If viewers don't want to follow the story they can just enjoy the music and dancing." (Update: There is also a bit of talking in the form of Chicago-style introductions to the songs, and Moore has one other line of dialogue in the course of the special, to someone on the phone: "I can't talk now, I'm having this incredible dream.")
The fact that Moore, who usually kept a low media profile at the time, was out there plugging the special in the press was an indication that she really wanted to make a case for it, and for Jack Good's bizarre mish-mash of music, religion, philosophy, and high-in-every-sense-of-the-word camp.
Of course, you could read some of her praise for Good as being almost the same as blame, pointing out in advance that the whole concept was his, not hers: "When he came to me with the idea," Moore told UPI's Vernon Scott, "I told him he had carte blanche. Without any structure or guidelines from me, Jack produced a unique, no-holds-barred musical happening."
At least it was an attempt to do something different; that can't be denied. And it's remembered a bit more fondly than the variety show she finally did do (without Good) after her sitcom ended:
Mary was a disaster, and so was the retooled sitcom/variety hybrid The Mary Tyler Moore Hour. Moore was like the opposite of singer/dancers who want to prove they can act: she'd proved herself as an actress, but wanted to be taken seriously as an all-around entertainer.
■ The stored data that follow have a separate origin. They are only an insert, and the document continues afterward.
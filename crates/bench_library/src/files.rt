//! Opening tables from bytes, one table or several that are concatenated.
use crate::digest::code;
use lsm_tables::table::{Scanner, Table};
use sst_blocks::{Checksum, Error, Slice};
use std::alloc::Global;

pub(crate) fn open(alloc: Global, bytes: Slice) -> Result<Table, Error> {
    Table::recover(alloc, bytes, Checksum(0), 0, 0, true, true)
}

pub(crate) fn open_copy(alloc: Global, file: &[u8]) -> Result<Table, Error> {
    open(alloc, Slice::from(alloc, file)?)
}

// The tables of concatenated files.
pub(crate) fn tables_of(alloc: Global, files: &[u8], lens: &[u64]) -> Result<Vec<Table>, Error> {
    let mut tables = Vec::new(alloc);
    let mut rest = files;
    for len in lens {
        let Some((file, after)) = rest.split_at_checked(*len as usize) else {
            return Err(Error::Source(1));
        };
        rest = after;
        tables.push(open_copy(alloc, file)?)?;
    }
    Ok(tables)
}

pub(crate) fn scanners_of(alloc: Global, tables: &[Table]) -> Result<Vec<Scanner>, Error> {
    let mut scanners = Vec::new(alloc);
    for table in tables {
        scanners.push(table.scan()?)?;
    }
    Ok(scanners)
}

fn open_times(alloc: Global, file: &[u8], times: u64, last_id: &mut u64) -> Result<(), Error> {
    let bytes = Slice::from(alloc, file)?;
    for _ in 0..times {
        let table = open(alloc, bytes.clone()?)?;
        *last_id = table.id();
    }
    Ok(())
}

/// Copies a table's bytes once, and opens it `times` times; `last_id` is the id of the last one.
#[unsafe(no_mangle)]
pub extern "C" fn tool_bench_open(
    alloc: Global,
    file: &[u8],
    times: u64,
    last_id: &mut u64,
) -> u32 {
    code(open_times(alloc, file, times, last_id))
}
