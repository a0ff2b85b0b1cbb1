//! Names in messages.
use std::fmt;
use std::fmt::Write;

/// A file's name in a message: each control byte is `\xNN`, as in keys, so that a name cannot add a
/// line or move the cursor.
#[derive(Clone, Copy, Debug)]
pub struct Escaped<'a>(pub &'a str);

impl<'a> fmt::Display for Escaped<'a> {
    fn fmt<W: fmt::Write>(&self, f: &mut fmt::Formatter<W>) -> fmt::Result {
        for letter in self.0.chars() {
            if letter.is_ascii_control() {
                let code = letter as u32;
                write!(f, "\\x{code:02x}")?;
            } else {
                f.write_char(letter)?;
            }
        }
        Ok(())
    }
}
But whether it's this special, where she tries to talk-sing her way through "I'm Still Here" or make a decent try of Cy Coleman and Dorothy Fields's "Nobody Does It Like Me", or her flop stage musical version of Breakfast at Tiffany's, she's not exactly a top-tier entertainer.
Even on her own show, Georgia Engel's version of "Steam Heat" was better than most musical numbers Moore did without Dick Van Dyke around. And this special probably is a better showcase for Ben Vereen, in one of his first big TV parts, than Moore, who gets to do all the stuff she's only OK at and little of the stuff she's great at (delivery of and reaction to dialogue).
But it is what it is, and I can't help enjoying it just for the strangeness of it all. This is a special that ends with Mary Tyler Moore as a pink angel, floating and spinning in front of religious symbols and clouds while singing "Morning Has Broken."
This is a special with Arthur Fiedler conducting the "Hallelujah Chorus" in heaven; a historical version of "Sh-Boom," and Jerome Kern's "She Didn't Say Yes" retrofitted as a song about the temptation of Eve. TV really could be pleasantly insane in the mid-'70s.
Also, any special that begins with the "CBS Special" logo and ends with the MTM kitten is a special that gets a few extra points just for logo coolness.